The story follows Galadriel “El” Higgins, a tremendously powerful sorceress with an affinity for world-destroying dark magic who’s spent her school career fighting her worst impulses—and at times the school itself—to choose the path of light. As the series’ third and final installment, The Golden Enclaves, begins, El has achieved her ultimate goal. She’s not only fought her way out of the Scholomance, but she also got her entire class out with her when over half of them should have died and killed half the mals in the known world at the same time. But she had to leave the boy she loved behind to do so, and she now wakes up every day knowing that do-gooder Orion Lake is most likely being eternally devoured by a maw-mouth (a particularly horrifying creature that traps its victims in an endless cycle of death).

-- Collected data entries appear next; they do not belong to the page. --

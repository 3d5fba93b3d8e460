//! Requests apart from their items.
ghost use Rattle.std.specs.Prelude.{◌≡◌, IfOk};
ghost use Rattle.node_inbox.specs.Reads.{kept_with};

use crate::facts::filled;
use crate::kept_item::KeptRequest;
use confirm_reply::IdFactsList;
use inbox_registry::Registry;
use std::alloc::{AllocError, Global};
use std::marker::Model;
use std::mem;

/// A request that stands apart from the item that it is of, so that the many items without one are small. Contracts see the request.
#[derive(Drop)]
pub struct BoxedRequest {
    request: Box<KeptRequest>,
}

impl Model for BoxedRequest {
    ghost use Rattle.node_inbox.specs.declared.kept_item.KeptRequest.{KeptRequest};
    ghost use Rattle.ledger_terms.specs.Forest.{coded_forest};
    ghost use Rattle.view_split.specs.Holed.{coded_holed};
    ghost use Rattle.std.specs.Coded.{codes};

    ghost Value = { KeptRequest };

    ghost coded = { Prim.hlevel (codes, coded_forest, coded_holed) };

    ghost view = { λ b. b.request.value };
}

impl BoxedRequest {
    /// Moves a request into a box, so that an item is small whether it has a request or none.
    pub fn new(alloc: Global, request: KeptRequest) -> Result<BoxedRequest, AllocError>
        ensures { IfOk result (λ boxed. boxed ≡ request) }
    {
        let request = Box::new(alloc, request)?;
        Ok(BoxedRequest { request })
    }

    /// The request, to look at.
    pub fn request(&self) -> &KeptRequest
        ensures { result.now ≡ self.now }
    {
        &*self.request
    }

    /// Takes the request out.
    pub fn into_request(self) -> KeptRequest
        ensures { result ≡ self }
    {
        let BoxedRequest { request } = self;
        Box::into_inner(request)
    }

    /// Fills its facts with what the registry knows of its contracts. Takes no memory.
    pub fn put_facts(&mut self, registry: &Registry)
        ensures { self.new ≡ kept_with self.old registry.now }
    {
        let none = IdFactsList::new(*self.request.facts.allocator());
        let facts = mem::replace(&mut self.request.facts, none);
        self.request.facts = filled(registry, facts);
    }
}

El’s determination to end his suffering will see her embark on a journey to renter the Scholomance, but in order to succeed, she’ll need allies. And not just her friends from school either, but help from some of the most powerful wizarding enclaves in the world. But in order to gain access to their power, she’ll have to help them first, a difficult task when two of the most powerful enclaves are already on the brink of war and several smaller ones have already been destroyed by a mysterious and unknown maleficer (a.k.a. a wizard who uses dark magic).

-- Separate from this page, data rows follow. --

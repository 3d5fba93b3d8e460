//! When a request was decided.
ghost use Rattle.std.specs.Prelude.{◌≡◌, ◌+◌, ◌<◌, ◌≤◌, drop, is_some, nat_lt, length};
ghost use Rattle.canton_model.specs.Inbox.{verdict_in};
ghost use Rattle.canton_model.specs.Timeline.{decision_on};
ghost use Rattle.inbox_registry.specs.Order.{IsInOrder};
ghost use Rattle.node_inbox.specs.Decisions.{decided_from, start_of};
ghost use Rattle.node_inbox.specs.InboxState.{decided_since};
ghost use Rattle.node_inbox.specs.Items.{model_content, model_items};

use crate::items::time_at;
use crate::kept_item::KeptContent;
use crate::kept_items::KeptItems;
use ledger_terms::Params;

fn is_later(time: u64, wait: u64, more: u64, later: u64) -> bool
    ensures { result ≡ nat_lt (time + wait + more) later }
{
    more < later.saturating_sub(time).saturating_sub(wait)
}

// Whether a verdict on the request at a place came.
fn is_verdict_on(content: &KeptContent, place: u64) -> bool
    ensures { result ≡ is_some (decision_on place (verdict_in (model_content content.now))) }
{
    match content {
        KeptContent::Told(verdict) => verdict.request == place,
        KeptContent::Received(_) => false,
        KeptContent::Nothing => false,
    }
}

// The place from which on items can decide the request at a place.
fn start_of(items: &KeptItems, place: u64) -> u64
    ensures start { result ≡ start_of (length items.now.items) place }
    ensures within { result ≤ length items.now.items }
{
    if place < items.len() { place } else { 0 }
}

// Where the request at a place, which came at that time, is decided among the items from a place on.
fn decided_among(params: &Params, items: &KeptItems, place: u64, time: u64, start: u64) -> u64
    requires { start ≤ length items.now.items }
    ensures { result ≡ decided_from (time + params.now.response_timeout + params.now.reaction_timeout) place start (model_items (drop start items.now.items)) }
{
    let end = items.len();
    'items: for k in start..end {
        let item = items.item(k);
        if is_later(
            time,
            params.response_timeout,
            params.reaction_timeout,
            item.time,
        ) {
            return k;
        }
        if is_verdict_on(item.content, place) {
            return k + 1;
        }
    }
    end
}

/// The first place at which the request at `place` is decided, and the number of items where it is undecided at each. Goes through the items from the
/// request's place on.
pub fn decided_since(params: &Params, items: &KeptItems, place: u64) -> u64
    requires { IsInOrder (model_items items.now.items) }
    ensures { result ≡ decided_since params.now (model_items items.now.items) place }
{
    let start = start_of(items, place);
    decided_among(params, items, place, time_at(items, place), start)
}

Her journey is a complicated one that takes her around the world to enclaves in multiple other countries and forces El to confront many uncomfortable truths along the way—about herself, her family, the prophecy that has shaped so much of her life, and even the very foundations that hold up the wizarding world itself. Ostensibly, the Scholomance was meant to “protect all the wise-gifted children of the world” and the slow revelation of all the ways it has failed to do just—may have been purposely created to fail, in fact—that are horrifying to behold. The exploration of the politics and cultures in other enclaves, from dominant New York with its seemingly bottomless well of power to ancient London, built on the bones of so many who have come before, is fascinating and goes to show how rich and expansive this world that Novik has created actually is.

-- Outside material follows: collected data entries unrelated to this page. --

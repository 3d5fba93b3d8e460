//! What projections are to the ledger model, as the clauses of functions that do nothing.
ghost use Rattle.std.specs.Prelude.{◌≡◌, Bool};
ghost use Rattle.ledger_terms.specs.Parties.{has_party};
ghost use Rattle.ledger_terms.specs.Trees.{Actions};
ghost use Rattle.ledger_terms.specs.declared.instance.Instance.{Instance};
ghost use Rattle.ledger_terms.specs.declared.value.Value.{Value};
ghost use Rattle.ledger_model.specs.declared.step.ChoiceCall.{ChoiceCall};
ghost use Rattle.ledger_model.specs.Terms.{Name};
ghost use Rattle.ledger_model.specs.Opening.{opened_of};
ghost use Rattle.lang_eval.specs.Found.{Packages};
ghost use Rattle.lang_eval.specs.Parts.{PartyNames};
ghost use Rattle.lang_eval.specs.Language.{language_of};
ghost use Rattle.project.specs.Informed.{projection};

/// The projection to some parties is what a sender that keeps the rules opens to a participant that hosts exactly these parties. It holds whatever the
/// language of the packages calls creatable and exercisable, since projections don't ask that.
pub fn projection_is_opened()
    ensures { (packages : Packages) (is_creatable : Instance → Bool) (is_exercisable : ChoiceCall → PartyNames → Bool → Value → Bool)
        (hosts : Name → Bool) (parties : PartyNames) (roots : Actions)
        → ((name : Name) → hosts name ≡ has_party parties name)
        → opened_of (language_of packages is_creatable is_exercisable) hosts roots ≡ projection packages parties roots }
{}

/// The projection to some parties, projected to the same parties again, stays as it is.
pub fn projecting_again_changes_nothing()
    ensures { (packages : Packages) (parties : PartyNames) (roots : Actions)
        → projection packages parties (projection packages parties roots) ≡ projection packages parties roots }
{}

As a heroine, El is often prickly and difficult, frequently rude and openly resentful of the situation she has found herself in and scornful toward those who have been given much but of whom is often expected little. Yet, her evolution over the course of this series and her transformation into exactly the kind of heroine she would have always insisted she could never become is deeply satisfying and meaningful. As readers, we’ve always known that her family’s dark prophecy could come to pass and El was never going to become a dark sorceress bringing the world to heel even if she had the power to do so.. But it’s incredibly awesome to watch El herself finally realize it too and recognize that goodness isn’t an innate state of being or an easy gift that some possess but others do not. It’s a choice you must make day after day and it’s not something you are, it’s something you do. And i’s hard, yes, but that’s the point. That’s what makes it worth it.

Unlike so many stories that have come before it, there are no easy answers in The Golden Enclaves. Everyone is complicit to some degree in the damaging choices that have built the world they’re living in and even the happy endings in this story come with bittersweet sacrifices attached. But the tale is full of clever twists and meaningful resolutions to almost every major character’s arc, some that pay off groundwork laid hundreds of pages prior. Most importantly, this final installment ultimately embraces a larger message of hope and resilience, one that says there’s nothing we’ve done that’s so bad we can’t fix it—if we all simply choose to find a better way together and refuse to give up on each other. I’m not sure that there’s a more appropriate moment to put that kind of call to action out in the world than right now.

A rich, fully satisfying conclusion that makes the whole trilogy stronger and more meaningful in retrospect.

The Golden Enclaves is available now.